■ Work task: Return, word for word, the lines of the listing below from the one with "type Record = &'a [u8];" through the one with "λ f. length", and no other lines.

■ Information shown:
= = = = = = =
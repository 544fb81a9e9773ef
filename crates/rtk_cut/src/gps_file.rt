//! A file of GPS of which a part is written.

ghost use Rattle.std.specs.Prelude.{◌≡◌, IfOk};
ghost use Rattle.rtk_rinex.specs.Table.{WellFormedTable, IsWellFormedTable, table_text};
ghost use Rattle.rtk_cut.specs.Steps.GpsFile.{IsFileOf};
ghost use Rattle.rtk_cut.specs.Steps.Pending.{StandsForNone};

use crate::epoch_file::EpochFile;
use crate::slips::{note_rows, show_in_rows};
use rtk_obs::GpsMs;
use rtk_rinex::{EpochTable, Heading, Records, TextTable, header, record};
use std::alloc::{AllocError, Global};

// The marks of 32 satellites; no satellite has the number 0.
const MARKS: usize = 528;

/// A file of GPS that is read record by record. Its memory does not grow.
#[derive(Drop)]
pub(crate) struct GpsFile<'a> {
    pub(crate) heading: Heading,
    pub(crate) records: Records<'a>,
    /// The epoch of the record that was read last. It is large, so it lies on the heap.
    pub(crate) epoch: Box<EpochTable>,
    /// The epoch as it was shown last.
    pub(crate) shown: Box<EpochTable>,
    pub(crate) marks: [bool; MARKS],
}

// Makes a table without a row. This function alone needs the stack for one, which is gone when it returns.
#[inline(never)]
fn new_table(alloc: Global, start: GpsMs) -> Result<Box<EpochTable>, AllocError> {
    Ok(Box::new(alloc, EpochTable::new(start))?)
}

impl<'a> GpsFile<'a> {
    /// Makes the file of a table, of which no record was read.
    pub(crate) fn new(alloc: Global, table: &TextTable<'a>) -> Result<GpsFile<'a>, AllocError>
        ensures file { IfOk result (λ file. (t : WellFormedTable) → IsWellFormedTable t → table.now.text ≡ table_text t → IsFileOf t file) }
        ensures marks { IfOk result (λ file. StandsForNone file.marks) }
    {
        let heading = table.heading();
        let epoch = new_table(alloc, heading.first)?;
        let shown = new_table(alloc, heading.first)?;
        Ok(GpsFile {
            heading,
            records: table.records(),
            epoch,
            shown,
            marks: [false; MARKS],
        })
    }
}

impl<'a> EpochFile for GpsFile<'a> {
    ghost use Rattle.std.specs.Prelude.{◌≡◌, length};
    ghost use Rattle.rtk_rinex.specs.Header.{position_view};
    ghost use Rattle.rtk_rinex.specs.Record.{HasWidth, record_text};
    ghost use Rattle.rtk_rinex.specs.Records.{AreLeft};
    ghost use Rattle.rtk_rinex.specs.Table.{IsTableEpoch};
    ghost use Rattle.rtk_cut.specs.Steps.FileTexts.{gps_texts};

    type Record = &'a [u8];

    ghost texts = { λ f. gps_texts f.heading.head (position_view f.heading.position) f.heading.first };

    ghost marks = { λ f. f.marks };

    ghost AreLeft = { λ f epochs. AreLeft f.records epochs × (f.records.code_count ≡ length f.heading.head.listed) };

    ghost size = { λ f. length f.records.text };

    ghost IsRecordOf = { λ f text e. (f.epoch.value ≡ e) × (text.now ≡ record_text e) × IsTableEpoch (length f.heading.head.listed) e };

    ghost HasShown = { λ f. HasWidth (length f.heading.head.listed) f.shown.value.rows };

    ghost IsShownAs = { λ f text e. f.shown.value ≡ e };

    fn next(&mut self) -> Option<&'a [u8]> {
        self.records.next(&mut self.epoch)
    }

    fn time(&self, _read: &&'a [u8]) -> GpsMs {
        self.epoch.time()
    }

    fn text<'r>(&self, read: &'r &'a [u8]) -> &'r [u8] {
        read
    }

    fn note(&mut self, _read: &&'a [u8]) {
        note_rows(&mut self.marks, self.epoch.rows());
    }

    fn show(&mut self, _read: &&'a [u8]) -> bool {
        let code_count = self.heading.head.codes().len();
        self.shown.restart(self.epoch.time());
        show_in_rows(
            &mut self.marks,
            self.epoch.rows(),
            code_count,
            &mut self.shown,
        )
    }

    fn shown_text(&self, alloc: Global, _read: &&'a [u8]) -> Result<Vec<u8>, AllocError> {
        record(alloc, &self.heading.head, &self.shown)
    }

    fn header(&self, alloc: Global, first: GpsMs) -> Result<Vec<u8>, AllocError> {
        header(alloc, &self.heading.head, &self.heading.position, first)
    }

    fn first(&self) -> GpsMs {
        self.heading.first
    }
}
= = = = = = =
■ Finished exercise:
    type Record = &'a [u8];

    ghost texts = { λ f. gps_texts f.heading.head (position_view f.heading.position) f.heading.first };

    ghost marks = { λ f. f.marks };

    ghost AreLeft = { λ f epochs. AreLeft f.records epochs × (f.records.code_count ≡ length f.heading.head.listed) };

    ghost size = { λ f. length f.records.text };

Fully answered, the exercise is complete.